[[ Record set, beginning ]]

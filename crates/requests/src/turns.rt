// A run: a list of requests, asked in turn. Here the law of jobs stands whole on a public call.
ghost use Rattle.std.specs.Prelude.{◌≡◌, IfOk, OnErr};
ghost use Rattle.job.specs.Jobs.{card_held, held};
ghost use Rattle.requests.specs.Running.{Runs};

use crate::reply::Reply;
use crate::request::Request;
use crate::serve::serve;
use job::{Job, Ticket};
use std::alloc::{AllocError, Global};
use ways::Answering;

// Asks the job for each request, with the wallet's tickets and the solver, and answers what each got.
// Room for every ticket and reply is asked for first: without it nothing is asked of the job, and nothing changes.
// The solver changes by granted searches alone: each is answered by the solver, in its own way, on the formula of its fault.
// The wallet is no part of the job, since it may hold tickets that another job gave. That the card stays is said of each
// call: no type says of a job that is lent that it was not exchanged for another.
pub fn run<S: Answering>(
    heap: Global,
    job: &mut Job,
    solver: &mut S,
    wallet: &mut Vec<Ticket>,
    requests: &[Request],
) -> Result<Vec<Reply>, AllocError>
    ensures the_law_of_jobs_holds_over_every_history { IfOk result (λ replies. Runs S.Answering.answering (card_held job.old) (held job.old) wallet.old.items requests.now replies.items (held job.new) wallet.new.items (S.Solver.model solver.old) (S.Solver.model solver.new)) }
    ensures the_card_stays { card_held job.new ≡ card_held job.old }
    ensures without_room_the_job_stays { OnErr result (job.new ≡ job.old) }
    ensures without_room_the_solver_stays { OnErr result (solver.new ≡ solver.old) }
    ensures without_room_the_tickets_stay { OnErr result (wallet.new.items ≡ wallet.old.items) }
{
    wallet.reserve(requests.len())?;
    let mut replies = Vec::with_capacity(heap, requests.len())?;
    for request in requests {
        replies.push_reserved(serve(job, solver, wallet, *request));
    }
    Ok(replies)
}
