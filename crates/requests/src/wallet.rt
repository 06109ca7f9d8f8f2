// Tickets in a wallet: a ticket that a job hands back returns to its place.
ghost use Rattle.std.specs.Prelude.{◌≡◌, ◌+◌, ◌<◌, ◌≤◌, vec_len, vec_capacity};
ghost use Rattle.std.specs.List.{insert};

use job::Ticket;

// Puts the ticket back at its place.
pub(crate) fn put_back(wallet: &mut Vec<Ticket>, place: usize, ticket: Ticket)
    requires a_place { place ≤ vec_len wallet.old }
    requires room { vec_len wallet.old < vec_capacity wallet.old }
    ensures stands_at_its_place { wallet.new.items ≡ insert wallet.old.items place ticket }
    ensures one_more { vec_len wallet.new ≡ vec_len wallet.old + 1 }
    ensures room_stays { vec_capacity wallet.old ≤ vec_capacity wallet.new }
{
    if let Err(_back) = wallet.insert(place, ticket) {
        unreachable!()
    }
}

[[ Record set, end ]]
[[ Record set, beginning ]]

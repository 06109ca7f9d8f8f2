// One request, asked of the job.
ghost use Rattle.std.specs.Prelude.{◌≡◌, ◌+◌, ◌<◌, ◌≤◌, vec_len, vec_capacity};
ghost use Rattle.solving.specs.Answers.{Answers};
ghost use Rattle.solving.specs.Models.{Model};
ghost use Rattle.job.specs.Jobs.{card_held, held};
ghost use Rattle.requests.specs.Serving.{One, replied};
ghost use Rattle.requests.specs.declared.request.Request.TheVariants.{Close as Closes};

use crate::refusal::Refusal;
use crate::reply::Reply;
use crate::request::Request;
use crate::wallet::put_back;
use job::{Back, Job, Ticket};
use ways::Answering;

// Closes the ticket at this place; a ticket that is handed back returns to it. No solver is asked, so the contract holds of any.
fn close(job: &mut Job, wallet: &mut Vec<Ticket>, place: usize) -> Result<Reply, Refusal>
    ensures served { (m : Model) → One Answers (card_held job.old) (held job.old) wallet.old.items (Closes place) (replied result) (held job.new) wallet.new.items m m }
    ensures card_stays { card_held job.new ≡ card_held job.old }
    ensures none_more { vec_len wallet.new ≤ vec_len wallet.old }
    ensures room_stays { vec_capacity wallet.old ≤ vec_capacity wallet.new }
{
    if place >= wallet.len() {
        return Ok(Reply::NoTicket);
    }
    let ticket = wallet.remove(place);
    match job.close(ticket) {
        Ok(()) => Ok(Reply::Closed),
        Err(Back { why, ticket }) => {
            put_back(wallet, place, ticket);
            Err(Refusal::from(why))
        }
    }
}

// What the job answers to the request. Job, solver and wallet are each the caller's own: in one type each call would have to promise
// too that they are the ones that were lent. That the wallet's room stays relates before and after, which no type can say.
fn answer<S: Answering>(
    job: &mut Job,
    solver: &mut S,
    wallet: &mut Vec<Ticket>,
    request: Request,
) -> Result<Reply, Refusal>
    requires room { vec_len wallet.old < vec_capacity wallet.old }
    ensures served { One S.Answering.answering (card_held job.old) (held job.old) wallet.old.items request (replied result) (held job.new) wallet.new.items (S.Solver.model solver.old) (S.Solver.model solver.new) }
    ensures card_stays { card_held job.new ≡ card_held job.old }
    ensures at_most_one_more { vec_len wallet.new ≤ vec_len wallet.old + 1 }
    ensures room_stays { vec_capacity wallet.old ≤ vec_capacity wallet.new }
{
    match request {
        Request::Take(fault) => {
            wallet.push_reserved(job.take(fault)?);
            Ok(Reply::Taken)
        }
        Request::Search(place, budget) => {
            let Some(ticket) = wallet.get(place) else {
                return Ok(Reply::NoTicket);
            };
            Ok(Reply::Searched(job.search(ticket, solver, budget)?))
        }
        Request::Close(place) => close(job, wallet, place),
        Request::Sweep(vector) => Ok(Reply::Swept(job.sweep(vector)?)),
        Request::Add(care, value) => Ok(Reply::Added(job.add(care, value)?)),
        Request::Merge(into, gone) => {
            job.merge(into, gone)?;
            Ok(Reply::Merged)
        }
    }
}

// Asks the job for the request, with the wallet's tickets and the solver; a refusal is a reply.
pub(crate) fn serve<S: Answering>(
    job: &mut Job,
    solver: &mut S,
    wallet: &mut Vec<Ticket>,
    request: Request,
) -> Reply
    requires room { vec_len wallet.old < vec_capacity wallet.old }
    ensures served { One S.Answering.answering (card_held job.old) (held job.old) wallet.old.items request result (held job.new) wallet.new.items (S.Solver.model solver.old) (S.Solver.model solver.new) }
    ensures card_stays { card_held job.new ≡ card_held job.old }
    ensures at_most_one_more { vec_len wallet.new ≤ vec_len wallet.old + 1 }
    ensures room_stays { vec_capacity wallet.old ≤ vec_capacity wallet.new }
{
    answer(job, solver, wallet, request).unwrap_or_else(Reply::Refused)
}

[[ Record set, end ]]
[[ Record set, beginning ]]

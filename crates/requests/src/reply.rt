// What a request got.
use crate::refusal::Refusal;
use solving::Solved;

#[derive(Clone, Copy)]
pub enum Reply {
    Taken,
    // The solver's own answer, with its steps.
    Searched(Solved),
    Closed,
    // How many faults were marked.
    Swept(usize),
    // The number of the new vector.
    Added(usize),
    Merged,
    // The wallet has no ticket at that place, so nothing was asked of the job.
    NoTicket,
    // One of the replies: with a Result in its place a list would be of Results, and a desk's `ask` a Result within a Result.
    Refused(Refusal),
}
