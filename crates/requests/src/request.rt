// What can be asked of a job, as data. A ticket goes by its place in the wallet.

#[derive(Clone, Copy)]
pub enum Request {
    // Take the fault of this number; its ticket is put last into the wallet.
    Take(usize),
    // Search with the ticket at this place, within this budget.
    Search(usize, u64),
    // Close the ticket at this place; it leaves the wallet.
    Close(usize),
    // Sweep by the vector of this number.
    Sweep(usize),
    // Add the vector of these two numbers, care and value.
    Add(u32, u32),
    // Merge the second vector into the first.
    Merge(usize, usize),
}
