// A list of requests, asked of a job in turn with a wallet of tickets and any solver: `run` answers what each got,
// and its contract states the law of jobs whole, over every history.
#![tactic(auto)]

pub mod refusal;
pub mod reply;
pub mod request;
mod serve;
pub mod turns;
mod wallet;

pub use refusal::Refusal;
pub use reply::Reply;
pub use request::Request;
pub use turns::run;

[[ Record set, end ]]

Assignment: Set down, exactly as they appear above, all lines from the one that has "filename crates/requests/src/turns.rt" down to the one that has "for request in", including those two and no others.

Answer space:
filename crates/requests/src/turns.rt
// A run: a list of requests, asked in turn. Here the law of jobs stands whole on a public call.
ghost use Rattle.std.specs.Prelude.{◌≡◌, IfOk, OnErr};
ghost use Rattle.job.specs.Jobs.{card_held, held};
ghost use Rattle.requests.specs.Running.{Runs};

use crate::reply::Reply;
use crate::request::Request;
use crate::serve::serve;
use job::{Job, Ticket};
use std::alloc::{AllocError, Global};
use ways::Answering;

// Asks the job for each request, with the wallet's tickets and the solver, and answers what each got.
// Room for every ticket and reply is asked for first: without it nothing is asked of the job, and nothing changes.
// The solver changes by granted searches alone: each is answered by the solver, in its own way, on the formula of its fault.
// The wallet is no part of the job, since it may hold tickets that another job gave. That the card stays is said of each
// call: no type says of a job that is lent that it was not exchanged for another.
pub fn run<S: Answering>(
    heap: Global,
    job: &mut Job,
    solver: &mut S,
    wallet: &mut Vec<Ticket>,
    requests: &[Request],
) -> Result<Vec<Reply>, AllocError>
    ensures the_law_of_jobs_holds_over_every_history { IfOk result (λ replies. Runs S.Answering.answering (card_held job.old) (held job.old) wallet.old.items requests.now replies.items (held job.new) wallet.new.items (S.Solver.model solver.old) (S.Solver.model solver.new)) }
    ensures the_card_stays { card_held job.new ≡ card_held job.old }
    ensures without_room_the_job_stays { OnErr result (job.new ≡ job.old) }
    ensures without_room_the_solver_stays { OnErr result (solver.new ≡ solver.old) }
    ensures without_room_the_tickets_stay { OnErr result (wallet.new.items ≡ wallet.old.items) }
{
    wallet.reserve(requests.len())?;
    let mut replies = Vec::with_capacity(heap, requests.len())?;
    for request in requests {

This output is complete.